I have Just purchased a combi blaster/dryer from Groomers on line. This is what
they recomended for home use. At bit pricey at £240.00 but you may be able to find the same thing cheaper on ebay. I think its fantastic - it makes dryer much
quicker and leaves both hands free to groom ( or hold the little wriggler still in my case)!!
A lot of blasters do not (apparently)have heat - they just blast the wet out of the fur with pressure. The heat is supposed to aid grooming. I'm still a novice
so don't just take my word for it!!!


----------



## cockerpoo61 (Jun 24, 2011)

Thanks for that i have just had a look on Groomers online and i can only see a pink flamingo looking dryer at £355 and a variable blaster at £144, i cannot see the one for £240, am i being dim


----------



## Cockapoodledoo (Feb 8, 2011)

I just got a blaster/dryer and it is amazing! Yes, they are an investment, and I've spent my dog walking money in advance through to about March so far with all that I have bought! 

This is what I got:
http://www.ultrakennels.co.uk/ultra-aeolus-blaster-stainless-steel-dryer-and-stand-p-313.html
I like the fact that you don't need to use the stand with it. It really is small enough to take on holiday or visiting the in-laws. The heat option really helps to dry the 'poos.

Karen xx


----------



## cockerpoo61 (Jun 24, 2011)

Think i am going to have to start counting my pennies, maybe Bayley and Holly would like a new hairdryer for Xmas


----------



## colpa110 (Jul 5, 2011)

cockerpoo61 said:


> Thanks for that i have just had a look on Groomers online and i can only see a pink flamingo looking dryer at £355 and a variable blaster at £144, i cannot see the one for £240, am i being dim


If you go to the professional grooming section, then blaster/dryers..
then combi dryers.. its was actually £234.99 - if I could post the link I would..sorry.Delivery was really quick - it came next day! It has two heat settings but what I like is that it has a dial so you can adjust the level of power to whatever you like. You can also use it with or without the hose/attachments.


----------



## embee (Dec 27, 2010)

Cockapoodledoo said:


> I just got a blaster/dryer and it is amazing! Yes, they are an investment, and I've spent my dog walking money in advance through to about March so far with all that I have bought!
> 
> This is what I got:
> http://www.ultrakennels.co.uk/ultra-aeolus-blaster-stainless-steel-dryer-and-stand-p-313.html
> ...


That's a handsome looking bit of kit  When it says it blasts water out of the fur where do you do that? Not in the bath/bathroom as it needs plugging in (?) but if you do it in another room don't you end up soaking everything as their coat holds so much water


----------



## kendal (Jul 16, 2009)

you towl off as much exess water as you can first, then use the blaster. i got mine of ebay for about £90 i also just resently ot a third arm clamp grip thing so i can use the dry and brush at the same time. 

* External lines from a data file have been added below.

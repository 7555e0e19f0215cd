//! A map: the lines of sources that the code of an image comes from, and the names of tasks and objects. `kit/map` writes it.

ghost use Rattle.std.specs.Prelude.{◌<◌};

use crate::memory::{bytes_in, long_in};
use crate::source_line::{Origin, SourceLine, origin_of};
use evm_room::NoMemory;
use evm_text::{decimal_last, hexadecimal_last};
use std::alloc::Global;

/// Why a map is not read.
#[derive(Clone, Copy, Debug, PartialEq, Eq)]
pub enum MapFault {
    /// The line of this number, from 1, is bad: a message says what is wanted.
    BadLine(u64, &'static str),
    /// Memory was refused.
    NoMemory,
}

/// What has a name.
#[derive(Clone, Copy, Debug, PartialEq, Eq)]
pub enum ObjectKind {
    Task,
    Mutex,
    Semaphore,
    Event,
    Flags,
    Timer,
}

/// What the object of a name is known by.
#[derive(Clone, Copy, Debug, PartialEq, Eq)]
enum Key {
    /// Its number.
    Number(u64),
    /// The address of the 8 bytes that hold its number; of a task the address of its function.
    At(u64),
}

/// Where code begins, and the lines of sources that it comes from; empty where it is of no source.
#[derive(Drop)]
struct CodeLine {
    address: u64,
    places: String,
}

#[derive(Drop)]
struct NameLine {
    kind: ObjectKind,
    key: Key,
    name: String,
}

/// The image that a map is of: the checksum and the size of its file.
#[derive(Clone, Copy, Debug, PartialEq, Eq)]
pub(crate) struct ImageMark {
    pub sum: u64,
    pub size: u64,
}

/// A map.
#[derive(Drop)]
pub struct Map {
    code: Vec<CodeLine>,
    names: Vec<NameLine>,
    table: Option<u64>,
    mark: Option<ImageMark>,
}

/// What a line of a map says.
enum Said<'a> {
    Nothing,
    Image(ImageMark),
    Table(u64),
    Name(ObjectKind, Key, &'a str),
    Code(u64, &'a str),
}

const CODE_FORM: &str =
    "bad line: wanted `ADDRESS FILE:LINE FUNCTION ..`, `ADDRESS -` or a name, as kit/map writes them";

const NAME_FORM: &str = "bad line: wanted a number or `@ADDRESS`, and a name of 1 to 63 characters";

const TABLE_FORM: &str = "bad line: wanted `names ADDRESS`";

const IMAGE_FORM: &str = "bad line: wanted `image CHECKSUM SIZE`, as cksum prints them";

const PLAIN_FORM: &str = "bad line: wanted printable characters of ASCII";

/// The most bytes of a name.
const NAME_LIMIT: usize = 63;

/// In the table of the kit's library: for each kind 64 names of 24 bytes.
const TABLE_NAMES: u64 = 64;

const TABLE_NAME: u64 = 24;

impl ObjectKind {
    fn of_word(word: &str) -> Option<ObjectKind> {
        match word {
            "task" => Some(ObjectKind::Task),
            "mutex" => Some(ObjectKind::Mutex),
            "semaphore" => Some(ObjectKind::Semaphore),
            "event" => Some(ObjectKind::Event),
            "flags" => Some(ObjectKind::Flags),
            "timer" => Some(ObjectKind::Timer),
            _ => None,
        }
    }

    /// The word for it.
    pub fn word(self) -> &'static str {
        match self {
            ObjectKind::Task => "task",
            ObjectKind::Mutex => "mutex",
            ObjectKind::Semaphore => "semaphore",
            ObjectKind::Event => "event",
            ObjectKind::Flags => "flags",
            ObjectKind::Timer => "timer",
        }
    }

    // Where its names are in the table.
    fn place(self) -> u64
        ensures { result < 6 }
    {
        match self {
            ObjectKind::Task => 0,
            ObjectKind::Mutex => 1,
            ObjectKind::Semaphore => 2,
            ObjectKind::Event => 3,
            ObjectKind::Flags => 4,
            ObjectKind::Timer => 5,
        }
    }
}

// The first word of a text, and what is behind it.
fn cut_word(text: &str) -> (&str, &str) {
    match text.split_once(' ') {
        None => (text, ""),
        Some((word, rest)) => (word, rest.trim_start()),
    }
}

// A number in hexadecimal, with or without `0x`.
fn address_of(word: &str) -> Option<u64> {
    let digits = word.strip_prefix("0x").unwrap_or(word);
    hexadecimal_last(digits.as_bytes())
}

// Whether a text has only printable characters of ASCII.
fn is_plain(text: &str) -> bool {
    text.as_bytes()
        .iter()
        .all(|byte| *byte >= b' ' && *byte <= b'~')
}

fn key_of(word: &str) -> Option<Key> {
    match word.strip_prefix('@') {
        Some(address) => Some(Key::At(address_of(address)?)),
        None => Some(Key::Number(decimal_last(word.as_bytes())?)),
    }
}

fn name_said(kind: ObjectKind, text: &str) -> Option<Said<'_>> {
    let (word, name) = cut_word(text);
    if name.is_empty() || name.len() > NAME_LIMIT {
        return None;
    }
    Some(Said::Name(kind, key_of(word)?, name))
}

fn image_said(text: &str) -> Option<Said<'_>> {
    let (sum, size) = cut_word(text);
    Some(Said::Image(ImageMark {
        sum: decimal_last(sum.as_bytes())?,
        size: decimal_last(size.as_bytes())?,
    }))
}

fn table_said(text: &str) -> Option<Said<'_>> {
    Some(Said::Table(address_of(text)?))
}

// What a line of code says: an address, and lines of sources, or `-` for none.
fn code_said<'a>(word: &str, places: &'a str) -> Option<Said<'a>> {
    let address = address_of(word)?;
    if places == "-" {
        return Some(Said::Code(address, ""));
    }
    let _origin = origin_of(places)?;
    Some(Said::Code(address, places))
}

// What a line says, or the form that is wanted.
fn said_by(line: &str) -> Result<Said<'_>, &'static str> {
    let line = line.trim();
    if line.is_empty() || line.starts_with('#') {
        return Ok(Said::Nothing);
    }
    if !is_plain(line) {
        return Err(PLAIN_FORM);
    }
    let (word, rest) = cut_word(line);
    if let Some(kind) = ObjectKind::of_word(word) {
        return name_said(kind, rest).ok_or(NAME_FORM);
    }
    match word {
        "names" => table_said(rest).ok_or(TABLE_FORM),
        "image" => image_said(rest).ok_or(IMAGE_FORM),
        _ => code_said(word, rest).ok_or(CODE_FORM),
    }
}

fn owned(alloc: Global, text: &str) -> Result<String, NoMemory> {
    text.to_string(alloc).map_err(|_| NoMemory)
}

fn push<T: Drop>(items: &mut Vec<T>, item: T) -> Result<(), NoMemory> {
    items.push(item).map_err(|_| NoMemory)
}

// How many bytes come before the zero that ends a name; none where another byte than those of printable characters is there.
fn length_of(bytes: &[u8]) -> usize {
    for (i, byte) in bytes.iter().enumerate() {
        if *byte == 0 {
            return i;
        }
        if *byte < b' ' || b'~' < *byte {
            return 0;
        }
    }
    0
}

/// The name of an object in the table of the kit's library, which begins at an address.
fn table_name(ram: &[u8], table: u64, kind: ObjectKind, number: u64) -> Option<&str> {
    if number >= TABLE_NAMES {
        return None;
    }
    let place = kind.place() * TABLE_NAMES + number;
    let bytes = bytes_in(ram, table.checked_add(place * TABLE_NAME)?, TABLE_NAME)?;
    let name = bytes.get(..length_of(bytes))?;
    match std::str::from_utf8(name) {
        Ok(name) if !name.is_empty() => Some(name),
        _ => None,
    }
}

impl Map {
    /// A map that says nothing.
    pub fn new(alloc: Global) -> Map {
        Map {
            code: Vec::new(alloc),
            names: Vec::new(alloc),
            table: None,
            mark: None,
        }
    }

    fn add(&mut self, alloc: Global, said: Said<'_>) -> Result<(), NoMemory> {
        match said {
            Said::Nothing => Ok(()),
            Said::Image(mark) => {
                self.mark = Some(mark);
                Ok(())
            }
            Said::Table(address) => {
                self.table = Some(address);
                Ok(())
            }
            Said::Name(kind, key, name) => {
                let name = owned(alloc, name)?;
                push(&mut self.names, NameLine { kind, key, name })
            }
            Said::Code(address, places) => {
                let places = owned(alloc, places)?;
                push(&mut self.code, CodeLine { address, places })
            }
        }
    }

    fn read_line(&mut self, alloc: Global, number: u64, line: &str) -> Result<(), MapFault> {
        let said = said_by(line).map_err(|form| MapFault::BadLine(number, form))?;
        self.add(alloc, said).map_err(|_| MapFault::NoMemory)
    }

    /// Reads the text of a map.
    ///
    /// # Errors
    ///
    /// The first line that is bad, or that memory was refused.
    pub fn read(alloc: Global, text: &str) -> Result<Map, MapFault> {
        let mut map = Map::new(alloc);
        let mut number = 0u64;
        for line in text.lines() {
            number = number.saturating_add(1);
            map.read_line(alloc, number, line)?;
        }
        match map.code.sort_by_key(|line| line.address) {
            Ok(()) => Ok(map),
            Err(_) => Err(MapFault::NoMemory),
        }
    }

    /// Takes the table of names of the kit's library to be at an address, unless the map says where it is.
    pub fn use_table(&mut self, address: u64) {
        if self.table.is_none() {
            self.table = Some(address);
        }
    }

    /// What the map says of the code at an address: the last line at it or before it.
    pub(crate) fn origin(&self, address: u64) -> Option<Origin<'_>> {
        let behind = self.code.partition_point(|line| line.address <= address);
        let line = self.code.get(behind.checked_sub(1)?)?;
        origin_of(&line.places)
    }

    /// How many lines of code it has.
    pub fn code_count(&self) -> usize {
        self.code.len()
    }

    /// Of the line of code of a number, by rising addresses: where it begins, and the line of a source that it comes from, if it is of one.
    pub fn code_line(&self, number: usize) -> Option<(u64, Option<SourceLine<'_>>)> {
        let line = self.code.get(number)?;
        match origin_of(&line.places) {
            Some(origin) => Some((line.address, Some(origin.line))),
            None => Some((line.address, None)),
        }
    }

    // The name of a task that runs a function, or of an object.
    fn said_name(
        &self,
        ram: &[u8],
        kind: ObjectKind,
        number: u64,
        function: Option<u64>,
    ) -> Option<&str> {
        for line in &self.names {
            let is_named = match line.key {
                Key::Number(named) => named == number,
                Key::At(address) if kind == ObjectKind::Task => function == Some(address),
                Key::At(address) => long_in(ram, address) == Some(number),
            };
            if line.kind == kind && is_named {
                return Some(line.name.as_str());
            }
        }
        None
    }

    /// The name of an object: of the table of the kit's library, or else of the first line that names it.
    pub(crate) fn name<'a>(
        &'a self,
        ram: &'a [u8],
        kind: ObjectKind,
        number: u8,
        function: Option<u64>,
    ) -> Option<&'a str> {
        let number = u64::from(number);
        if let Some(table) = self.table
            && let Some(name) = table_name(ram, table, kind, number)
        {
            return Some(name);
        }
        self.said_name(ram, kind, number, function)
    }

    pub(crate) fn mark(&self) -> Option<ImageMark> {
        self.mark
    }
}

it does make drying s much faster.


----------



## Cockapoodledoo (Feb 8, 2011)

embee said:


> That's a handsome looking bit of kit  When it says it blasts water out of the fur where do you do that? Not in the bath/bathroom as it needs plugging in (?) but if you do it in another room don't you end up soaking everything as their coat holds so much water


I use my Easidri towel first so I don't find there's much water to blast off to be honest. Aeolus is a good make and I went for the stainless steel option rather than the slightly cheaper powder coated steel version because I'm in this for the long term and wanted to avoid any rust developing over time. The air speed is variable, there is a heat option and appropriate stand / nozzles etc for serious grooming. My husband thought it was a fantastic piece of kit and very simple - almost looks 1950s! (these men do appreciate the general mechanisms of things!). We've already used it to dry off a section of my sofa on which my lovely teenage boy managed to spill his drink!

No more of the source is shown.